Department of Abdominal Surgery, University Hospitals Leuven, KU, Leuven, UZ Leuven, Herestraat 49, 3000, Leuven, Belgium.
KU Leuven - University of Leuven, I-BioStat, B-3000, Leuven, Belgium.
Langenbecks Arch Surg. 2022 Dec;407(8):3607-3614. doi: 10.1007/s00423-022-02640-3. Epub 2022 Aug 9.
Ileal pouch-anal anastomosis (IPAA) ensures satisfactory gastro-intestinal function and quality of life (QoL) in patients with refractory ulcerative colitis (UC). The transanal approach to proctectomy and IPAA (Ta-IPAA) has been developed to address the technical shortfalls of the traditional transabdominal approach (Tabd-IPAA). Ta-IPAA has proven to be safe but there is lack of reported functional outcomes. Aim of this study is to compare functional outcomes and QoL after Ta- or Tabd-IPAA for UC.
This is a retrospective study of consecutive UC patients who underwent IPAA between 2011 and 2017, operated according to a modified 2- or 3-stage approach. Close rectal dissection was performed in Ta-IPAA as opposed to total mesorectal excision in Tabd-IPAA. A propensity score weighting was performed. Functional outcomes were assessed using the pouch functional score (PFS) and the Öresland score (OS). The global quality of life scale (GQOL) was used for patients' perspective on QoL. Follow-up was scheduled at 1, 3, 6, and 12 months, postoperatively.

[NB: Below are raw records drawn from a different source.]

//! Laws of a log that was begun: the functions do nothing, and their contracts are the laws.
ghost use Rattle.std.specs.Prelude.{◌≡◌, ◌≤◌, ◌<◌, ◌+◌, ◌*◌, [], ℕ, All, Contains, List, length, nat_le, false};
ghost use Rattle.std.specs.Global.{Vec};
ghost use Rattle.qq_base.specs.declared.ids.QueueId.{QueueId};
ghost use Rattle.qq_disk.specs.declared.name.FileKind.TheVariants.{Log};
ghost use Rattle.qq_disk.specs.declared.name.FileName.{FileName};
ghost use Rattle.qq_disk.specs.Disk.{Disk, IsListed};
ghost use Rattle.qq_disk.specs.Image.{log_of};
ghost use Rattle.qq_log.specs.declared.lane.Carry.{Carry};
ghost use Rattle.qq_wal_record.specs.declared.header.Header.{Header};
ghost use Rattle.qq_wal_chain.specs.Chain.{good_length};
ghost use Rattle.qq_wal_chain.specs.Wal.{wal};
ghost use Rattle.qq_wal.specs.declared.wal.Wal.{Wal};
ghost use Rattle.qq_wal.specs.Marks.{IsCarry, carries_in};
ghost use Rattle.qq_wal.specs.Numbers.{greatest_number, number_of};
ghost use Rattle.qq_wal.specs.Ranges.{AllRanges};
ghost use Rattle.qq_wal.specs.Wal.{IsBegun, IsSound, is_full};
ghost use Rattle.qq_recover.specs.declared.recovered.Recovered.{Recovered};
ghost use Rattle.qq_recover.specs.Reading.{newest_file, shown};
ghost use Rattle.qq_recover.specs.Recovered.{IsBegunBehind, IsNewLog, wal_of};

use qq_disk::NodeDisk;
use qq_wal_record::encodings_have_lengths;

/// What a log is once it was begun.
///
/// - `ready`: nothing waits, no call has failed, and nothing was appended that isn't synced. So ops may be
///   handed in, and a new file may follow at once.
/// - `size`: its file has 38 bytes of header, and 78 for each queue that has ops.
/// - `full`: as many bytes as were asked for make the file full.
/// - `fresh`: it isn't full, however many queues it restates, where any bytes were asked for.
/// - `numbers`: no file that was listed has a number above the greatest of its kind, so each number that is
///   given from then on is that of no file there.
pub fn a_new_log_is_ready<D: NodeDisk>()
    ensures ready { (queues : Vec QueueId) (header : Header) (carries : List Carry)
        (names : List FileName) (ranges : AllRanges) (log_bytes : ℕ) (w : Wal D) →
        IsBegun queues header carries names ranges log_bytes w →
        (w.waiting.items ≡ []) × (w.stopped ≡ false) × (w.dirty ≡ false) }
    ensures size { (queues : Vec QueueId) (header : Header) (carries : List Carry)
        (names : List FileName) (ranges : AllRanges) (log_bytes : ℕ) (w : Wal D) →
        All IsCarry carries → IsBegun queues header carries names ranges log_bytes w →
        w.size ≡ 38 + 78 * length (carries_in w.marks) }
    ensures full { (queues : Vec QueueId) (header : Header) (carries : List Carry)
        (names : List FileName) (ranges : AllRanges) (log_bytes bytes : ℕ) (w : Wal D) →
        IsBegun queues header carries names ranges log_bytes w →
        nat_le w.log_bytes bytes ≡ nat_le log_bytes bytes }
    ensures fresh { (queues : Vec QueueId) (header : Header) (carries : List Carry)
        (names : List FileName) (ranges : AllRanges) (log_bytes : ℕ) (w : Wal D) →
        IsBegun queues header carries names ranges log_bytes w → 0 < log_bytes →
        is_full w ≡ false }
    ensures numbers { (queues : Vec QueueId) (header : Header) (carries : List Carry)
        (names : List FileName) (ranges : AllRanges) (log_bytes : ℕ) (w : Wal D)
        (file : FileName) → greatest_number Log names < header.file →
        IsBegun queues header carries names ranges log_bytes w → Contains names file →
        file.number ≤ number_of file.kind w.numbers }
{
    encodings_have_lengths();
}

/// How a log goes on that was recovered.
///
/// - `newest`: its header names the newest file that has a whole header, and how far that is good.
/// - `above`: its file's number is above that of each log file on the disk.
/// - `numbers`: each number that is given from then on is that of no file on the disk.
/// - `ready`: it is of these queues. Nothing waits, no call has failed, and nothing was appended that isn't
///   synced.
/// - `full`: as many bytes as were asked for make the file full.
/// - `size`: its file has 38 bytes of header, and 78 for each queue that has ops.
pub fn a_recovered_log_goes_on_behind_what_was_read<D: NodeDisk>()
    ensures newest { (queues : List QueueId) (log_bytes : ℕ) (d : Disk) (r : Recovered D) →
        IsBegunBehind queues log_bytes d r → let file = newest_file queues (shown d) in
        ((wal_of r).header.previous ≡ file)
        × ((wal_of r).header.good ≡ good_length (wal queues) file (shown d file)) }
    ensures above { (queues : List QueueId) (log_bytes : ℕ) (d : Disk) (r : Recovered D)
        (number : ℕ) → IsBegunBehind queues log_bytes d r → IsListed d (log_of number) →
        number < (wal_of r).header.file }
    ensures numbers { (queues : List QueueId) (log_bytes : ℕ) (d : Disk) (r : Recovered D)
        (file : FileName) → IsBegunBehind queues log_bytes d r → IsListed d file →
        file.number ≤ number_of file.kind (wal_of r).numbers }
    ensures ready { (queues : List QueueId) (log_bytes : ℕ) (r : Recovered D) →
        IsNewLog queues log_bytes r → ((wal_of r).queues.items ≡ queues)
        × ((wal_of r).waiting.items ≡ []) × ((wal_of r).stopped ≡ false)
        × ((wal_of r).dirty ≡ false) }
    ensures full { (queues : List QueueId) (log_bytes bytes : ℕ) (r : Recovered D) →
        IsNewLog queues log_bytes r →
        nat_le (wal_of r).log_bytes bytes ≡ nat_le log_bytes bytes }
    ensures size { (queues : List QueueId) (log_bytes : ℕ) (r : Recovered D) →
        IsSound D.facts (wal_of r) → IsNewLog queues log_bytes r →
        (wal_of r).size ≡ 38 + 78 * length (carries_in (wal_of r).marks) }
{
    encodings_have_lengths();
}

One hundred and eight patients were included: 38 patients had Ta-IPAA. At 12 months follow-up, mean OS and PFS were 4.6 (CI 3.2-6.0) vs 6.2 (CI 5.0-7.3), p = 0.025 and 6.1 (CI 3.5-8.8) vs 7.4 (CI 5.4-9.5), p = 0.32, for Ta and Tabd-IPAA, respectively. Mean GQOL for Ta-IPAA was 82.5 (CI 74.8-90.1) vs 75.5 (69.4-81.7) for Tabd-IPAA (p = 0.045).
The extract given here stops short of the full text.